---------- Available data
// The program of the support desk: arguments, files and printing. Every decision is made in the library.
#![tactic(auto)]

ghost use Rattle.std.specs.Prelude.{◌≤◌};

mod answers;
mod balances;
mod checks;
mod disk;
mod files;
mod lines;
mod listing;
mod reading;
mod requests;
mod shelves;
mod words;

use answers::{Done, Undone, bytes_of, not_run, records, tell};
use archive::Archive;
use disk::{places, read_shelf};
use files::{check, read};
use requests::{Request, request_of};
use shelf::{MemoryShelf, Shelf};
use shelves::{Seat, ShelfFile, Turn, at_seat};
use std::env;
use std::io::IsTerminal;
use std::process::ExitCode;
use words::{Asked, Command, Form, MOST_PAYERS, is_comment, option, options_asked, words_of};

const USAGE: &str = "write tifrozel [--limit N] [--payers N] SHELF [COMMAND ARG ..], \
    tifrozel [--payers N] check FILE [under bare|house], or tifrozel read FILE [under bare|house]";

// Runs what is asked; `head` is its words without its edition.
fn run<S: Shelf + Drop>(
    rt: &HostRuntime,
    head: &str,
    seat: Seat<S>,
    file: &mut ShelfFile<'_>,
    request: Request,
    payers: usize,
) -> Turn<S> {
    match request {
        Request::Read(asked) => (seat, read(rt, head, asked)),
        Request::Check(asked) => (seat, check(rt, head, asked, payers)),
        Request::AtShelf(asked) => at_seat(rt, head, seat, file, asked, payers),
    }
}

// Runs the command of these words, of which there is at least one.
fn step<S: Shelf + Drop>(
    rt: &HostRuntime,
    seat: Seat<S>,
    file: &mut ShelfFile<'_>,
    words: &[String],
    payers: usize,
) -> Turn<S> {
    let Some(word) = words.first() else {
        return (seat, not_run(rt, "tifrozel", USAGE));
    };
    let word = word.as_str();
    let Ok(command) = word.parse::<Command>() else {
        return (seat, not_run(rt, word, "no such command"));
    };
    let Some(request) = request_of(command, words) else {
        return (seat, not_run(rt, word, Form(command)));
    };
    match format!(in rt.alloc(); "{request}") {
        Ok(head) => {
            let (seat, answer) = run(rt, head.as_str(), seat, file, request, payers);
            (seat, tell(rt, head.as_str(), answer))
        }
        Err(e) => (seat, Err(Undone::from(e))),
    }
}

// One line of standard input: a command, perhaps with a number of payers of its own before it.
fn step_of_line<S: Shelf + Drop>(
    rt: &HostRuntime,
    seat: Seat<S>,
    file: &mut ShelfFile<'_>,
    words: &[String],
    payers: usize,
) -> Turn<S> {
    match option(words, "--payers", payers) {
        Some(given) => step(rt, seat, file, given.words, given.number.min(MOST_PAYERS)),
        None => (seat, not_run(rt, "--payers", USAGE)),
    }
}

// Commands from standard input, one to a line; empty lines and those that begin with `#` are passed over.
fn serve<S: Shelf + Drop>(
    rt: &HostRuntime,
    seat: Seat<S>,
    file: &mut ShelfFile<'_>,
    payers: usize,
) -> Done {
    let heap = rt.alloc();
    let mut seat = seat;
    let mut good = true;
    for line in rt.lines(heap) {
        let line = line?;
        let words = words_of(heap, line.as_str())?;
        if words.is_empty() || is_comment(line.as_str()) {
            continue;
        }
        let (after, answer) = step_of_line(rt, seat, file, &words, payers);
        seat = after;
        good = good && answer.is_ok();
    }
    if good { Ok(()) } else { Err(Undone::Told) }
}

// The command, or those of standard input where there is none.
fn commands<S: Shelf + Drop>(
    rt: &HostRuntime,
    seat: Seat<S>,
    file: &mut ShelfFile<'_>,
    words: &[String],
    payers: usize,
) -> Done {
    if words.is_empty() {
        return serve(rt, seat, file, payers);
    }
    let (_, answer) = step(rt, seat, file, words, payers);
    answer
}

// Opens the shelf, and runs the commands at it.
fn at_shelf<S: Shelf + Drop>(
    rt: &HostRuntime,
    shelf: S,
    file: &mut ShelfFile<'_>,
    words: &[String],
    payers: usize,
) -> Done {
    let seat = match Archive::open(shelf) {
        Ok(archive) => Seat::At(archive),
        Err(fault) => Seat::Shut(fault),
    };
    commands(rt, seat, file, words, payers)
}

// The commands at the shelf that lies in the file of this path.
fn at_file(rt: &HostRuntime, asked: Asked, path: &str, words: &[String]) -> Done
    requires { asked.limit ≤ 500000 }
{
    let bytes = bytes_of(rt, path, path, read_shelf(rt, path))?;
    let size = bytes.len();
    if size % 80 != 0 {
        return not_run(rt, path, "its length is no multiple of 80");
    }
    let many = records(size / 80);
    if size > LONG && rt.stderr().is_terminal() {
        eprintln!(rt; "{path}: opening {many}")?;
    }
    let mut places = places(rt.alloc(), &bytes, asked.limit)?;
    let shelf = MemoryShelf::new(&mut places, size / 80);
    let mut file = ShelfFile { path, size };
    at_shelf(rt, shelf, &mut file, words, asked.payers)
}

// Commands that need no shelf: the one of these words, or those of standard input.
fn at_none(rt: &HostRuntime, words: &[String], payers: usize) -> Done {
    let mut nowhere = ShelfFile { path: "", size: 0 };
    commands(
        rt,
        Seat::<MemoryShelf>::NoShelf,
        &mut nowhere,
        words,
        payers,
    )
}

// From so many bytes on, a shelf takes a while to open.
const LONG: usize = 8_000_000;

// What the arguments ask: a command that needs no shelf, or commands at a shelf; without any, commands from standard input.
fn asked(rt: &HostRuntime) -> Done {
    let args: Vec<String> = env::args(rt)?.skip(1).collect(rt.alloc())?;
    if args.is_empty() {
        return at_none(rt, &args, MOST_PAYERS);
    }
    let Some(asked) = options_asked(&args) else {
        return not_run(rt, "tifrozel", USAGE);
    };
    let Some((first, words)) = asked.words.split_first() else {
        return not_run(rt, "tifrozel", USAGE);
    };
    match first.as_str() {
        "check" | "read" => at_none(rt, asked.words, asked.payers),
        option if option.starts_with("--") => not_run(rt, "tifrozel", USAGE),
        path => at_file(rt, asked, path, words),
    }
}

// Status 1 where a command was refused or could not run. Why has been printed by then.
fn main(rt: HostRuntime) -> ExitCode {
    let answer = asked(&rt);
    if tell(&rt, "tifrozel", answer).is_ok() {
        ExitCode::SUCCESS
    } else {
        ExitCode::FAILURE
    }
}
--------------------
Only one part of the material above is to be transcribed, namely the lines starting with the line that has "let word = word.as_str();" and going on through the line that has "let mut seat = seat;", exactly as they stand.

    let word = word.as_str();
    let Ok(command) = word.parse::<Command>() else {
        return (seat, not_run(rt, word, "no such command"));
    };
    let Some(request) = request_of(command, words) else {
        return (seat, not_run(rt, word, Form(command)));
    };
    match format!(in rt.alloc(); "{request}") {
        Ok(head) => {
            let (seat, answer) = run(rt, head.as_str(), seat, file, request, payers);
            (seat, tell(rt, head.as_str(), answer))
        }
        Err(e) => (seat, Err(Undone::from(e))),
    }
}

// One line of standard input: a command, perhaps with a number of payers of its own before it.
fn step_of_line<S: Shelf + Drop>(
    rt: &HostRuntime,
    seat: Seat<S>,
    file: &mut ShelfFile<'_>,
    words: &[String],
    payers: usize,
) -> Turn<S> {
    match option(words, "--payers", payers) {
        Some(given) => step(rt, seat, file, given.words, given.number.min(MOST_PAYERS)),
        None => (seat, not_run(rt, "--payers", USAGE)),
    }
}

// Commands from standard input, one to a line; empty lines and those that begin with `#` are passed over.
fn serve<S: Shelf + Drop>(
    rt: &HostRuntime,
    seat: Seat<S>,
    file: &mut ShelfFile<'_>,
    payers: usize,
) -> Done {
    let heap = rt.alloc();
    let mut seat = seat;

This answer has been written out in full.